_Directions for this task_
All entries below are to be copied precisely as they appear.

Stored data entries
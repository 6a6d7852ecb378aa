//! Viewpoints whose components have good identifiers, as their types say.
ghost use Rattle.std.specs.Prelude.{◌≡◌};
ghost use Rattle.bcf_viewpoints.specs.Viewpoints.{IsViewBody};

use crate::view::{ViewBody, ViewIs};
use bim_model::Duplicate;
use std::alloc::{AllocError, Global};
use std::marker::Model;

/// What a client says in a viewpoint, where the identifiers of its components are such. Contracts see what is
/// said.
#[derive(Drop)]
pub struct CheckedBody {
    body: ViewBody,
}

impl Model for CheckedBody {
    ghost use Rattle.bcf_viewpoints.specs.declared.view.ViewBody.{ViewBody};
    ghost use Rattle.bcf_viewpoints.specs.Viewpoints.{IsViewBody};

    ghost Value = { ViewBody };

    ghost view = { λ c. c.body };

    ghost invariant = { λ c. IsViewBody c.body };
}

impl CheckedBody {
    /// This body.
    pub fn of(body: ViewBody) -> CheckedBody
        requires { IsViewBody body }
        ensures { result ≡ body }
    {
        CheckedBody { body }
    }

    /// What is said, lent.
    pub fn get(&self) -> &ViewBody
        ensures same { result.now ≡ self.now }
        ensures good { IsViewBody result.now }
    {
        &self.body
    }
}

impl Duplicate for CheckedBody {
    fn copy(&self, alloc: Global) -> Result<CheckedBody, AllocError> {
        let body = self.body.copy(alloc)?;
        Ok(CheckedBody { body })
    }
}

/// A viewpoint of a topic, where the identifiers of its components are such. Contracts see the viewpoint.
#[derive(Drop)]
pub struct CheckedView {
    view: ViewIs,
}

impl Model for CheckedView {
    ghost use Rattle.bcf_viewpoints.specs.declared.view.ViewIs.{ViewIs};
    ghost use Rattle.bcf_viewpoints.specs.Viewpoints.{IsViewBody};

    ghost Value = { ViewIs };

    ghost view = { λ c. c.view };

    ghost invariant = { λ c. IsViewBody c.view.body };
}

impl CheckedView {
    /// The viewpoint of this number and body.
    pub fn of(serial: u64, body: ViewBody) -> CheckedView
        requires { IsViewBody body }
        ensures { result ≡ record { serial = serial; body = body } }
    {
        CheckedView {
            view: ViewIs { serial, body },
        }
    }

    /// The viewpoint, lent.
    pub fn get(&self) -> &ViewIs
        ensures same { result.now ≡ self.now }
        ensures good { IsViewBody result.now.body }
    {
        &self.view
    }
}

_Written response_
repository 6a6d7852ecb378aa
//! Viewpoints whose components have good identifiers, as their types say.
ghost use Rattle.std.specs.Prelude.{◌≡◌};
ghost use Rattle.bcf_viewpoints.specs.Viewpoints.{IsViewBody};

use crate::view::{ViewBody, ViewIs};
use bim_model::Duplicate;
use std::alloc::{AllocError, Global};
use std::marker::Model;

/// What a client says in a viewpoint, where the identifiers of its components are such. Contracts see what is
/// said.
#[derive(Drop)]
pub struct CheckedBody {
    body: ViewBody,
}

impl Model for CheckedBody {
    ghost use Rattle.bcf_viewpoints.specs.declared.view.ViewBody.{ViewBody};
    ghost use Rattle.bcf_viewpoints.specs.Viewpoints.{IsViewBody};

    ghost Value = { ViewBody };

    ghost view = { λ c. c.body };

    ghost invariant = { λ c. IsViewBody c.body };
}

impl CheckedBody {
    /// This body.
    pub fn of(body: ViewBody) -> CheckedBody
        requires { IsViewBody body }
        ensures { result ≡ body }
    {
        CheckedBody { body }
    }

    /// What is said, lent.
    pub fn get(&self) -> &ViewBody
        ensures same { result.now ≡ self.now }
        ensures good { IsViewBody result.now }
    {
        &self.body
    }
}

impl Duplicate for CheckedBody {
    fn copy(&self, alloc: Global) -> Result<CheckedBody, AllocError> {
        let body = self.body.copy(alloc)?;
        Ok(CheckedBody { body })
    }
}

/// A viewpoint of a topic, where the identifiers of its components are such. Contracts see the viewpoint.
#[derive(Drop)]
pub struct CheckedView {
    view: ViewIs,
}

impl Model for CheckedView {
    ghost use Rattle.bcf_viewpoints.specs.declared.view.ViewIs.{ViewIs};
    ghost use Rattle.bcf_viewpoints.specs.Viewpoints.{IsViewBody};

    ghost Value = { ViewIs };

    ghost view = { λ c. c.view };

    ghost invariant = { λ c. IsViewBody c.view.body };
}

impl CheckedView {
    /// The viewpoint of this number and body.
    pub fn of(serial: u64, body: ViewBody) -> CheckedView
        requires { IsViewBody body }
        ensures { result ≡ record { serial = serial; body = body } }
    {
        CheckedView {
            view: ViewIs { serial, body },
        }
    }

    /// The viewpoint, lent.
    pub fn get(&self) -> &ViewIs
        ensures same { result.now ≡ self.now }
        ensures good { IsViewBody result.now.body }
    {
        &self.view
    }
}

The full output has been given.